■ PROBLEM DESCRIPTION:
Track down every line below that holds "memory" and copy it.

------------

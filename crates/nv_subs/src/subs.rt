//! Which sessions are attached to which buffer.
ghost use Rattle.std.specs.Prelude.{◌≡◌, ℤ, [], not, IfOk, OnOk, OnErr};
ghost use Rattle.nv_subs.specs.Attachments.{AreRising, HasSessions, is_session_of, sessions_of, with_session, without_session, without_sessions};

use crate::table::{Table, add_at, clear_at, remove_at, remove_everywhere, sessions_at, tidy_at};
use std::alloc::{AllocError, Global};
use std::collections::BTreeMap;
use std::marker::Model;

/// Which sessions are attached to which buffer (Neovim help `nvim_buf_attach`). A buffer is found
/// by its handle in an ordered map, and its sessions stand in rising order.
#[derive(Drop)]
pub struct Subs {
    alloc: Global,
    table: Table,
}

impl Model for Subs {
    ghost use Rattle.nv_subs.specs.Attachments.{Attachments};

    ghost Value = { Attachments };

    ghost view = { λ s. s.table.entries };
}

impl Subs {
    /// Nobody is attached.
    pub fn new(alloc: Global) -> Subs
        ensures { result ≡ [] }
    {
        Subs {
            alloc,
            table: BTreeMap::new(alloc),
        }
    }

    /// What allocates.
    pub fn alloc(&self) -> Global {
        self.alloc
    }

    /// The sessions that are attached to a buffer, in rising order.
    pub fn of(&self, buffer: i64) -> &[u64]
        ensures value { result.now ≡ sessions_of self.now buffer }
        ensures rising { AreRising result.now }
    {
        sessions_at(&self.table, buffer)
    }

    /// Attaches a session to a buffer. `false` exactly where it was attached. Where memory is
    /// wanting nothing changes.
    pub fn attach(&mut self, session: u64, buffer: i64) -> Result<bool, AllocError>
        ensures ok { OnOk result (HasSessions self.old self.new buffer
            (with_session session (sessions_of self.old buffer))) }
        ensures added { IfOk result (λ added. added
            ≡ not (is_session_of (sessions_of self.old buffer) session)) }
        ensures err { OnErr result (self.new ≡ self.old) }
    {
        add_at(&mut self.table, self.alloc, session, buffer)
    }

    /// Detaches a session from a buffer. `false` exactly where it wasn't attached. It takes no
    /// memory.
    pub fn detach(&mut self, session: u64, buffer: i64) -> bool
        ensures value { HasSessions self.old self.new buffer
            (without_session session (sessions_of self.old buffer)) }
        ensures removed { result ≡ is_session_of (sessions_of self.old buffer) session }
    {
        let removed = remove_at(&mut self.table, session, buffer);
        tidy_at(&mut self.table, buffer);
        removed
    }

    /// A session is attached to no buffer any more, as when it is closed. It takes no memory.
    pub fn leave(&mut self, session: u64)
        ensures { (buffer : ℤ) → sessions_of self.new buffer
            ≡ without_session session (sessions_of self.old buffer) }
    {
        remove_everywhere(&mut self.table, session);
    }

    /// None of these sessions is attached to any buffer any more. It takes no memory.
    pub fn leave_all(&mut self, several: &[u64])
        ensures { (buffer : ℤ) → sessions_of self.new buffer
            ≡ without_sessions several.now (sessions_of self.old buffer) }
    {
        for session in several {
            self.leave(*session);
        }
    }

    /// Nobody is attached to a buffer any more, as when it is deleted. It takes no memory.
    pub fn gone(&mut self, buffer: i64)
        ensures { HasSessions self.old self.new buffer [] }
    {
        clear_at(&mut self.table, buffer);
    }
}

------------

■ WRITTEN RESPONSE:
    /// Attaches a session to a buffer. `false` exactly where it was attached. Where memory is
    /// memory.
    /// A session is attached to no buffer any more, as when it is closed. It takes no memory.
    /// None of these sessions is attached to any buffer any more. It takes no memory.
    /// Nobody is attached to a buffer any more, as when it is deleted. It takes no memory.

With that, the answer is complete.